| TASK TO COMPLETE |
Where a line in the records holds "Compoundly", count it once; return only the final number.

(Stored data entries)
==*==
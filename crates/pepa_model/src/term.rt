//! Components, systems, terms, activities and transitions, with numbers in place of names.
ghost use Rattle.std.specs.Prelude.{◌≡◌, ◌<◌, ◌^◌, IfOk};
ghost use Rattle.pepa_model.specs.Expression.{Expression, Shape, Sequentially, Compoundly, expression_of, definition_of, shape_of};
ghost use Rattle.pepa_model.specs.Leaves.{same_expression};
ghost use Rattle.pepa_model.specs.Terms.{term_of, leaf_count_of};

use pepa_rates::Rate;
use sqlite_items::Items;
use std::alloc::{AllocError, Global};

/// The number of the action type `tau`.
pub const TAU: u32 = 0;

/// A sequential component: what one participant can do.
#[derive(Debug, Drop)]
pub enum Sequential {
    /// The constant of this number, which stands for its body.
    Constant(u32),
    /// An activity, by its action type's number and its rate, and what follows it.
    Prefix(u32, Rate, Box<Sequential>),
    /// A choice between two components.
    Choice(Box<Sequential>, Box<Sequential>),
}

/// A system, as it is written.
#[derive(Debug, Drop)]
pub enum Shape2 {
    /// A sequential component.
    Leaf(Sequential),
    /// The compound constant of this number, which stands for its system.
    Constant(u32),
    /// Two systems that cooperate over the set of this number.
    Coop(Box<Shape2>, Box<Shape2>, u32),
    /// A system that hides the set of this number.
    Hide(Box<Shape2>, u32),
}

/// The right side of a constant's line.
#[derive(Debug, Drop)]
pub enum Body {
    /// A sequential component.
    Plain(Sequential),
    /// A system.
    Compound(Shape2),
}

/// A state of a system: its sequential components are leaves, by their numbers.
#[derive(Debug, Drop)]
pub enum Term {
    /// The leaf of this number.
    Leaf(u32),
    /// Two terms that cooperate over the set of this number.
    Coop(Box<Term>, Box<Term>, u32),
    /// A term that hides the set of this number.
    Hide(Box<Term>, u32),
}

impl Sequential {
    /// Whether two components are equal.
    pub fn is_same(&self, other: &Sequential) -> bool
        ensures { result ≡ same_expression (expression_of self.now) (expression_of other.now) }
    {
        match (self, other) {
            (Sequential::Constant(constant), Sequential::Constant(its_constant)) => {
                constant == its_constant
            }
            (
                Sequential::Prefix(action, rate, next),
                Sequential::Prefix(its_action, its_rate, its_next),
            ) => action == its_action && rate == its_rate && next.is_same(its_next),
            (Sequential::Choice(left, right), Sequential::Choice(its_left, its_right)) => {
                left.is_same(its_left) && right.is_same(its_right)
            }
            _ => false,
        }
    }
}

impl Body {
    /// The system on the right side, which is one.
    pub fn system(&self) -> &Shape2
        requires { (shape : Shape) × (definition_of self.now ≡ Compoundly shape) }
        ensures { definition_of self.now ≡ Compoundly (shape_of result.now) }
    {
        match self {
            Body::Compound(system) => system,
            Body::Plain(_) => unreachable!(),
        }
    }

    /// The component on the right side, which isn't a system.
    pub fn component(&self) -> &Sequential
        requires { (e : Expression) × (definition_of self.now ≡ Sequentially e) }
        ensures { definition_of self.now ≡ Sequentially (expression_of result.now) }
    {
        match self {
            Body::Plain(component) => component,
            Body::Compound(_) => unreachable!(),
        }
    }
}

impl Term {
    /// An equal term.
    pub fn copy(&self, alloc: Global) -> Result<Term, AllocError>
        ensures { IfOk result (λ term. term_of term ≡ term_of self.now) }
    {
        match self {
            Term::Leaf(leaf) => Ok(Term::Leaf(*leaf)),
            Term::Coop(left, right, set) => {
                let left = Box::new(alloc, left.copy(alloc)?)?;
                let right = Box::new(alloc, right.copy(alloc)?)?;
                Ok(Term::Coop(left, right, *set))
            }
            Term::Hide(inner, set) => {
                let inner = Box::new(alloc, inner.copy(alloc)?)?;
                Ok(Term::Hide(inner, *set))
            }
        }
    }
}

/// How many leaves of the term are the leaf of this number.
pub fn leaf_count(term: &Term, leaf: u32) -> u32
    requires { leaf_count_of term.now leaf < 2 ^ 32 }
    ensures { result ≡ leaf_count_of term.now leaf }
{
    match term {
        Term::Leaf(number) => u32::from(*number == leaf),
        Term::Coop(left, right, _set) => leaf_count(left, leaf) + leaf_count(right, leaf),
        Term::Hide(inner, _set) => leaf_count(inner, leaf),
    }
}

/// An activity that a leaf can perform: its action type's number, its rate, and the leaf that follows.
#[derive(Clone, Copy, Debug)]
pub struct Activity {
    pub action: u32,
    pub rate: Rate,
    pub target: u32,
}

/// A transition of a term: its action type's number, its signals (bit l for label l), its rate, and the term after it.
#[derive(Debug, Drop)]
pub struct Step {
    pub action: u32,
    pub signals: u64,
    pub rate: Rate,
    pub target: Term,
}

/// The bodies of the constants, in the order of their numbers.
pub type Bodies = Items<Body>;

/// The leaves, in the order of their numbers.
pub type SequentialList = Items<Sequential>;

/// The activities of one leaf, in derivation order.
pub type ActivityList = Items<Activity>;

/// The activities of each leaf.
pub type ActivityLists = Items<ActivityList>;

/// Numbers of 32 bits.
pub type Words32 = Items<u32>;

/// Lists of numbers of 32 bits.
pub type Words32List = Items<Words32>;

/// The transitions of a term, in derivation order.
pub type StepList = Items<Step>;
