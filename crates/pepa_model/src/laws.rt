//! Laws of the definitions. Each function's contract is a law, and a call costs nothing.
ghost use Rattle.std.specs.Prelude.{◌≡◌, ℕ, List, Some, slice_get};
ghost use Rattle.std.specs.Bool.{Decides};
ghost use Rattle.pepa_model.specs.Expression.{Expression, Shape, Definition, IsCompound};
ghost use Rattle.pepa_model.specs.Derivation.{Transition, IsComponentTransitionList};
ghost use Rattle.pepa_model.specs.Leaves.{same_expression};
ghost use Rattle.pepa_model.specs.PepaModel.{PepaModel, HasTree, IsModel};
ghost use Rattle.pepa_model.specs.ModelLaws.{HasActivities, OpensLow};

/// A sequential component has at most one transition list: its derivations and their order determine it.
pub fn one_transition_list()
    ensures { (definitions : List Definition) (e : Expression) (x y : List Transition) → IsComponentTransitionList definitions e x → IsComponentTransitionList definitions e y → x ≡ y }
{}

/// At each leaf's number there are its activities, and each of them leads to a leaf.
pub fn every_target_is_a_leaf()
    ensures { (m : PepaModel) → IsModel m → (number : ℕ) (e : Expression) → slice_get m.leaves number ≡ Some e → HasActivities m number e }
{}

/// The constants of each leaf open into a finite tree, which is at most 2^21 high: a recursion through them ends.
pub fn every_leaf_opens()
    ensures { (m : PepaModel) → IsModel m → (number : ℕ) (e : Expression) → slice_get m.leaves number ≡ Some e → OpensLow m e }
{}

/// The system expands into a finite tree, and so does what each compound constant stands for; each is at most 2^21 high.
pub fn every_system_expands()
    ensures system { (m : PepaModel) → IsModel m → HasTree m m.system }
    ensures compounds { (m : PepaModel) → IsModel m → (constant : ℕ) (shape : Shape) → IsCompound m.bodies constant shape → HasTree m shape }
{}

/// A leaf has one number only, and the test that numbers the leaves tells whether two expressions are equal.
pub fn one_leaf_number()
    ensures number { (m : PepaModel) → IsModel m → (i j : ℕ) (e : Expression) → slice_get m.leaves i ≡ Some e → slice_get m.leaves j ≡ Some e → i ≡ j }
    ensures test { (x y : Expression) → Decides (same_expression x y) (x ≡ y) }
{}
==*==
| SOLUTION BELOW |
3